In its memo on Sunday, Celsius said it’s working to restore withdrawals “as quickly as possible” but offered no timeline.
Jack Greenbaum, another Celsius customer, is in the same boat. Known online as “Crypto King,” he told Insider that he has $105,000 worth of Solana locked on the platform.
Greenbaum said he “felt something was coming” and successfully withdrew his entire $250,000 in ether holdings five days before the news dropped on Sunday. But he said he tried to withdraw other Solana funds 12 hours before Celsius announced the freeze and couldn’t.
“They knew they were closing withdrawals prior to announcing and froze them beforehand,” Greenbaum said. “Screwing me out of 5,000+ Solana. And their motto [sic] was literally your coins anytime,” referring to the company’s marketing slogan, “access your coins whenever.”
Timbre Cierpke, a musician and Celsius customer, said she has been accumulating bitcoin slowly over the course of the last five years and had been storing it on Celsius.
“Unless something happens where they open up again, I will have lost about a year’s worth of income,” she told Insider, later clarifying that it might be closer to two years’ worth.
“It’s the smaller customers like me that this could wipe out,” they said.
‘The clock is ticking for Celsius’
Celsius said it froze withdrawals to “stabilize liquidity,” meaning its deposits were not equal to the number of assets that it was holding on the blockchain.
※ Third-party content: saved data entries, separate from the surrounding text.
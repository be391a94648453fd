//! Calls of the laws that run something: the fresh spans of a path, the events that are read back
//! of a run, whether Go's tests have failed, and how many results of TAP and cases of JUnit
//! XML have.

use super::seen::{START, Skipped, drawn};
use std::alloc::{AllocError, Global};
use std::io::BufReader;
use std::test::*;
use test_support::{Step, calls, lined};
use tracing_tree::format::Id;
use tracing_tree::style::Level;
use tracing_tree_laws::cases::count_cases;
use tracing_tree_laws::difference::fresh_spans;
use tracing_tree_laws::failures::have_tests_failed;
use tracing_tree_laws::reading_back::{EventsRead, read_events};
use tracing_tree_laws::results::count_results;
use ttree_junit::Selection;

#[test]
fn gives_the_fresh_spans_of_a_path(rt: HostRuntime) -> Result<(), Fail> {
    let found = fresh_spans(rt.alloc(), &[Id(1), Id(2), Id(3)], &[Id(1), Id(4), Id(5)])?;
    assert_eq!(rt; found.as_slice(), [Id(4), Id(5)].as_slice());
    Ok(())
}

// Two spans. The inner one has an event and closes. One close is refused.
const STEPS: [Step<'static>; 5] = [
    Step::New("a", None),
    Step::Close(7),
    Step::New("b", Some(1)),
    Step::Event(Level::Warn, "x", Some(2)),
    Step::Close(2),
];

// Returns the events that are read back of them. It promises nothing, so that the test is soon
// proved.
fn events_read(alloc: Global) -> Result<Option<EventsRead>, AllocError> {
    let calls = calls(alloc, STEPS.as_slice())?;
    let mut layered = lined(alloc)?;
    Ok(read_events(alloc, &mut layered, calls))
}

#[test]
fn finds_the_spans_of_an_event(rt: HostRuntime) -> Result<(), Fail> {
    let Some(read) = events_read(rt.alloc())? else {
        return Err(Fail::from("the drawing isn't read"));
    };
    assert_eq!(rt; read.answers.len(), 5);
    assert_eq!(rt; read.paths.len(), 1);
    for path in read.paths.iter() {
        assert_eq!(rt; path.event, 2);
        assert_eq!(rt; path.ancestors.as_slice(), [Some(0), Some(1)].as_slice());
    }
    Ok(())
}

fn failed(alloc: Global, input: &str) -> Result<Option<bool>, AllocError> {
    let mut notes = Skipped::new(alloc);
    let mut layered = drawn(alloc)?;
    let Ok(mut lines) = BufReader::with_capacity(alloc, 64 * 1024, input.as_bytes()) else {
        return Err(AllocError);
    };
    Ok(have_tests_failed(alloc, 1, START, &mut lines, &mut *layered, &mut notes))
}

#[test]
fn tests_fail_by_a_line_or_a_package_that_runs(rt: HostRuntime) -> Result<(), Fail> {
    for (input, wanted) in [
        ("", false),
        (
            "{\"Action\":\"pass\",\"Package\":\"p\",\"Test\":\"A\"}\n",
            false,
        ),
        (
            "{\"Action\":\"fail\",\"Package\":\"p\",\"Test\":\"A\"}\n",
            true,
        ),
        (
            "{\"Action\":\"run\",\"Package\":\"p\",\"Test\":\"A\"}\n",
            true,
        ),
    ] {
        assert_eq!(rt; failed(rt.alloc(), input)?, Some(wanted));
    }
    Ok(())
}

// Returns how many results of TAP failed.
fn failed_results(alloc: Global, input: &str) -> Result<Option<u64>, AllocError> {
    let mut notes = Skipped::new(alloc);
    let mut layered = drawn(alloc)?;
    let Ok(mut lines) = BufReader::with_capacity(alloc, 64 * 1024, input.as_bytes()) else {
        return Err(AllocError);
    };
    match count_results(alloc, 1, START, &mut lines, &mut *layered, &mut notes) {
        Some(tally) => Ok(Some(tally.failed)),
        None => Ok(None),
    }
}

#[test]
fn results_fail_unless_skipped_or_todo(rt: HostRuntime) -> Result<(), Fail> {
    for (input, wanted) in [
        ("ok 1\n1..1\n", 0),
        ("not ok 1 - a\nnot ok 2 - b # TODO\n1..2\n", 1),
        ("    not ok 1 - a\nnot ok 1 - b\n1..1\n", 2),
        ("not ok 1 # SKIP\n  ---\n  not ok 2\n  ...\n", 0),
    ] {
        assert_eq!(rt; failed_results(rt.alloc(), input)?, Some(wanted));
    }
    Ok(())
}

#[test]
fn counts_the_cases_of_a_report(rt: HostRuntime) -> Result<(), Fail> {
    let report = concat!(
        "<testsuite><testcase name='a'/>",
        "<testcase name='b'><failure/></testcase>",
        "<testcase name='c'><skipped/></testcase></testsuite>",
    );
    let tally = count_cases(rt.alloc(), Selection::All, 1, START, report)?;
    assert_eq!(rt; [tally.passed, tally.failed, tally.skipped], [1, 1, 1]);
    Ok(())
}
Miller said he wouldn’t be using this platform until they resolved the crisis.
“At the end of the day, the poor liquidity is due to bad decisions in investing. So unless they try a more conservative approach, then I can’t put my money back in,” he said.
Customers, meanwhile, worry that the company may have a larger insolvency problem or that it may be forced to file for bankruptcy.
Either way, they’ll have angry customers to reckon with when things normalize.
“The clock is ticking for Celsius and the longer the withdrawal button is gone the more likely their entire customer base will leave,” Miller said.